Data records:
-------
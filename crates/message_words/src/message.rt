//! A message in words, and octets as a session reads them.

ghost use Rattle.std.specs.Prelude.{◌≡◌, ◌++◌, OnOk, string_bytes};
ghost use Rattle.std.specs.List.{flat_map};
ghost use Rattle.bgp_story.specs.Legal.{IsGot};
ghost use Rattle.message_words.specs.Messages.{cap_words, as4_words, open_words, notification_words, message_words};
ghost use Rattle.message_words.specs.Messages.{kind_name, type_words, in_full, fault_words, faulty_words, read_words};

use crate::notice::{push_hex, push_notice};
use crate::reading::read_got;
use crate::update::push_update;
use bgp_types::types::{NOTIFICATION, OPEN, UPDATE};
use bgp_types::{Address, Cap, Expected, Message, NoMemory, Notice, OpenMsg, header_fault};
use bgp_wire::{CodecFault, as_said};
use std::alloc::Global;
use std::fmt::Write;

/// Adds the codes of capabilities.
fn push_caps(text: &mut String, caps: &[Cap]) -> Result<(), NoMemory>
    ensures { OnOk result (string_bytes text.new ≡ string_bytes text.old ++ flat_map cap_words caps.now) }
{
    for cap in caps {
        let code = cap.code;
        write!(text, " capability {code}")?;
    }
    Ok(())
}

/// Adds the AS that the capability of four-octet AS numbers gives, if there is one.
fn push_as4(text: &mut String, said: Option<u32>) -> Result<(), NoMemory>
    ensures { OnOk result (string_bytes text.new ≡ string_bytes text.old ++ as4_words said) }
{
    if let Some(as_number) = said {
        write!(text, " as4 {as_number}")?;
    }
    Ok(())
}

/// Adds an OPEN.
fn push_open(text: &mut String, first: &OpenMsg) -> Result<(), NoMemory>
    ensures { OnOk result (string_bytes text.new ≡ string_bytes text.old ++ open_words first.now) }
{
    let as_number = first.as_number;
    let hold = first.hold;
    let identifier = Address(first.identifier);
    write!(text, "OPEN as {as_number} hold {hold} id {identifier}")?;
    push_caps(text, &first.caps)?;
    push_as4(text, as_said(&first.caps))
}

/// Adds a NOTIFICATION.
fn push_notification(text: &mut String, alloc: Global, notice: &Notice) -> Result<(), NoMemory>
    ensures { OnOk result (string_bytes text.new ≡ string_bytes text.old ++ notification_words notice.now) }
{
    text.push_str("NOTIFICATION ")?;
    push_notice(text, alloc, notice)
}

/// Adds a message: of an OPEN the AS in two octets, the hold time, the identifier, the codes of its capabilities and the AS in four octets, where it has one;
/// of an UPDATE its prefixes and their path, and in full all other attributes; of a NOTIFICATION its code, subcode and data.
pub fn push_message(
    text: &mut String,
    alloc: Global,
    full: bool,
    message: &Message,
) -> Result<(), NoMemory>
    ensures { OnOk result (string_bytes text.new ≡ string_bytes text.old ++ message_words full message.now) }
{
    match message {
        Message::OpenMsg(first) => push_open(text, first),
        Message::UpdateMsg(update) => push_update(text, alloc, full, update),
        Message::NoticeMsg(notice) => push_notification(text, alloc, notice),
        Message::KeepaliveMsg => {
            text.push_str("KEEPALIVE")?;
            Ok(())
        }
    }
}

fn kind_name(kind: u8) -> &'static str
    ensures { result.now ≡ kind_name kind }
{
    match kind {
        OPEN => "OPEN",
        UPDATE => "UPDATE",
        NOTIFICATION => "NOTIFICATION",
        _ => "KEEPALIVE",
    }
}

/// Returns the type of message that octets begin as.
#[tactic(auto, using(crate::proofs::Frames::got_header))]
pub fn type_name(bytes: &[u8]) -> &'static str
    requires { IsGot bytes.now }
    ensures { result.now ≡ type_words bytes.now }
{
    if header_fault(bytes).is_some() {
        return "header";
    }
    kind_name(bytes[18])
}

/// Adds a fault.
fn push_fault(text: &mut String, alloc: Global, notice: &Notice) -> Result<(), NoMemory>
    ensures { OnOk result (string_bytes text.new ≡ string_bytes text.old ++ fault_words notice.now) }
{
    text.push_str(" with fault ")?;
    push_notice(text, alloc, notice)
}

/// Adds octets if a message is wanted in full.
fn push_in_full(text: &mut String, alloc: Global, full: bool, bytes: &[u8]) -> Result<(), NoMemory>
    ensures { OnOk result (string_bytes text.new ≡ string_bytes text.old ++ in_full full bytes.now) }
{
    if full {
        text.push_str(" octets ")?;
        push_hex(text, alloc, bytes)?;
    }
    Ok(())
}

/// Adds octets in which a fault was found.
fn push_faulty(
    text: &mut String,
    alloc: Global,
    full: bool,
    bytes: &[u8],
    notice: &Notice,
) -> Result<(), NoMemory>
    requires { IsGot bytes.now }
    ensures { OnOk result (string_bytes text.new ≡ string_bytes text.old ++ faulty_words full bytes.now notice.now) }
{
    text.push_str(type_name(bytes))?;
    push_fault(text, alloc, notice)?;
    push_in_full(text, alloc, full, bytes)?;
    Ok(())
}

/// Adds what a session that expects this reads in octets that it got at once: the message; or if it finds a fault, the type of message that they
/// begin as, the fault, and in full the octets.
#[tactic(auto, using(crate::proofs::Frames::faulty_read))]
pub fn push_read(
    text: &mut String,
    alloc: Global,
    full: bool,
    expected: &Expected,
    bytes: &[u8],
) -> Result<(), NoMemory>
    requires { IsGot bytes.now }
    ensures { OnOk result (string_bytes text.new ≡ string_bytes text.old ++ read_words full expected.now bytes.now) }
{
    match read_got(alloc, expected, bytes) {
        Ok(message) => push_message(text, alloc, full, &message),
        Err(CodecFault::Wire(notice)) => push_faulty(text, alloc, full, bytes, &notice),
        Err(CodecFault::NoMemory) => Err(NoMemory),
    }
}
-------
▶ _Work instructions_
Look above for the line containing "if let Some(as_number)" and the line containing "Adds a NOTIFICATION.". Transcribe both, with the lines between them, exactly.

▶ _Answer to the exercise_
    if let Some(as_number) = said {
        write!(text, " as4 {as_number}")?;
    }
    Ok(())
}

/// Adds an OPEN.
fn push_open(text: &mut String, first: &OpenMsg) -> Result<(), NoMemory>
    ensures { OnOk result (string_bytes text.new ≡ string_bytes text.old ++ open_words first.now) }
{
    let as_number = first.as_number;
    let hold = first.hold;
    let identifier = Address(first.identifier);
    write!(text, "OPEN as {as_number} hold {hold} id {identifier}")?;
    push_caps(text, &first.caps)?;
    push_as4(text, as_said(&first.caps))
}

/// Adds a NOTIFICATION.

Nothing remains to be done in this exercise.